La investigación en cognición animal se refiere en su mayoría a los mamíferos, especialmente primates, cetáceos y elefantes, así como perros, gatos, mapaches y roedores. Sin embargo, la investigación también se extiende a los no mamíferos vertebrados como pájaros, loros, córvidos y palomas, así como para reptiles, lagartos, serpientes, y peces, incluso a los invertebrados tales como cefalópodos, arañas e insectos.[1]

Historia[editar]

En la mayor parte del siglo XX, la aproximación predominante a la psicología animal era experimentar sobre la inteligencia en animales mediante procesos de aprendizaje simples (como condicionamiento clásico y condicionamiento operante), y así intentar explicar las aparentemente más complejas habilidades intelectuales de los humanos. Esto está bien descrito por Hilgard,[2] aunque su filosofía era reduccionista y estaba combinada con una fuerte metodología conductista, que en la forma más radical considera que todo lo que un organismo hace, puede y debe ser considerado únicamente como comportamientos sin recurrir al concepto de mente.[3] Es decir, que no existen diferencias filosóficas entre lo observable (acciones) y los procesos no observables (como pensar y sentir), por lo que se califica a estos últimos como epifenómenos en humanos.

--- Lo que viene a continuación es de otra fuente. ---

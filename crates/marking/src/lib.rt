//! The labels of a document: what is written in its classes, and which label holds for each (RFC 7970 sections 3.3.1
//! and 5.1.1, FIRST TLP 2.0).
//!
//! Read first, in `specs/`: `Label`, the tables of labels and handlings; `Marks`, which label holds at which class.
//!
//! The modules, in the order of a document's way:
//!
//! - `label`: [`Label`] and [`Handling`] with their tables;
//! - `class`: the label that the members of one class spell;
//! - `rule`: [`check`], whether every class keeps the marking rule;
//! - `label_site`: [`own`] and [`site`], the label of one path and where it comes from;
//! - `pass`: [`write_marks`], the label and the site of every class, in one pass down the tree;
//! - `fault`: why markings aren't accepted, and why a path has no site;
//! - [`laws`], and [`examples`], the definitions computed on small reports.
#![tactic(auto)]

pub mod class;
pub mod examples;
mod fault;
mod label;
mod label_site;
pub mod laws;
mod pass;
mod rule;

pub use fault::{MarkingFault, SiteFault};
pub use label::{Handling, Label};
pub use label_site::{is_incident, own, site, written_at};
pub use pass::{Mark, MarkWriter, write_marks};
pub use rule::check;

El éxito de la psicología cognitiva al dirigirse a los procesos mentales en humanos, que empezó a finales de los años 50 y fue proclamado por Neisser,[4] llevó a una revaluación del paradigma de la investigación y a que se empezaran a enfocar los procesos mentales de los animales desde otro punto de vista, tomando lo conocido sobre los procesos mentales humanos y buscando evidencias de procesos similares en las otras especies. En un sentido esto fue una vuelta al enfoque del protegido de Darwin: George Romanes,[5] discutiblemente el primer psicólogo comparativo de la era moderna. Sin embargo, mientras Romanes se basaba en la anécdota y en una proyección antropomórfica de las capacidades humanas en el resto de especies, la mayoría de los investigadores modernos de cognición animal siguen el método conductista, aunque difieran totalmente de la filosofía conductista. Algunas excepciones a esta regla son John Lilly y Donald Griffin,[6] quienes mantienen firmemente la posición de que los animales tienen mente y que el estudio de su cognición debería hacerse desde esta perspectiva. Estos argumentos no encuentran una gran aceptación en la comunidad científica, pero sí que han conseguido atraer a entusiastas seguidores entre el resto de la población.

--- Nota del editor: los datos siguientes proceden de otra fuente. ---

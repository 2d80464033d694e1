//! The call that is measured, and how often it is made.

/// The calls that are measured.
#[derive(Clone, Copy, PartialEq, Eq)]
pub enum Call {
    /// The text of an excerpt.
    Text,
    Excerpt,
    Finds,
    /// An excerpt for a reader of the source.
    Source,
}

impl Call {
    /// Returns the call of this word.
    fn of(word: &str) -> Option<Call> {
        match word {
            "excerpt" => Some(Call::Excerpt),
            "finds" => Some(Call::Finds),
            "source" => Some(Call::Source),
            _ => None,
        }
    }
}

#[derive(Clone, Copy)]
pub struct Asked {
    pub turns: u32,
    pub call: Call,
    pub gates: u32,
    pub permissions: u32,
}

impl Asked {
    /// Returns what these words ask for.
    pub fn of(words: &[String]) -> Option<Asked> {
        match words {
            [turns] => Some(Asked {
                turns: turns.parse::<u32>().ok()?,
                call: Call::Text,
                gates: 0,
                permissions: 0,
            }),
            [turns, call, gates, permissions] => Some(Asked {
                turns: turns.parse::<u32>().ok()?,
                call: Call::of(call.as_str())?,
                gates: gates.parse::<u32>().ok()?,
                permissions: permissions.parse::<u32>().ok()?,
            }),
            _ => None,
        }
    }
}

El desarrollo en cognición animal también estuvo fuertemente influenciado por:

Esta explicación de la historia del estudio de la cognición animal está inevitablemente simplificada. Desde Romanes siempre ha habido psicólogos comparativos que han estado más o menos inclinados cognitivamente: Wolfgang Köhler, famoso por sus estudios en chimpancés, y Edward C. Tolman, que introdujo en psicología una explicación del comportamiento de las ratas en laberintos, aportaron dos ideas que han sido muy influyentes en la psicología cognitiva humana (el mapa cognitivo y el concepto de decisión ante una elección arriesgada según el valor esperado).

Métodos[editar]

La investigación en cognición animal continua usando algunas de las técnicas establecidas en psicología comparativa y en análisis experimental del comportamiento, como laberintos y cajas de Skinner, aunque empleando nuevas variedades (como el laberinto de 8 brazos y el laberinto de agua de Morris) para estudios de memoria espacial y otros nuevos usos. Esto se complementa con la observación de animales en sus medios naturales o casi naturales, y con trabajos de campo.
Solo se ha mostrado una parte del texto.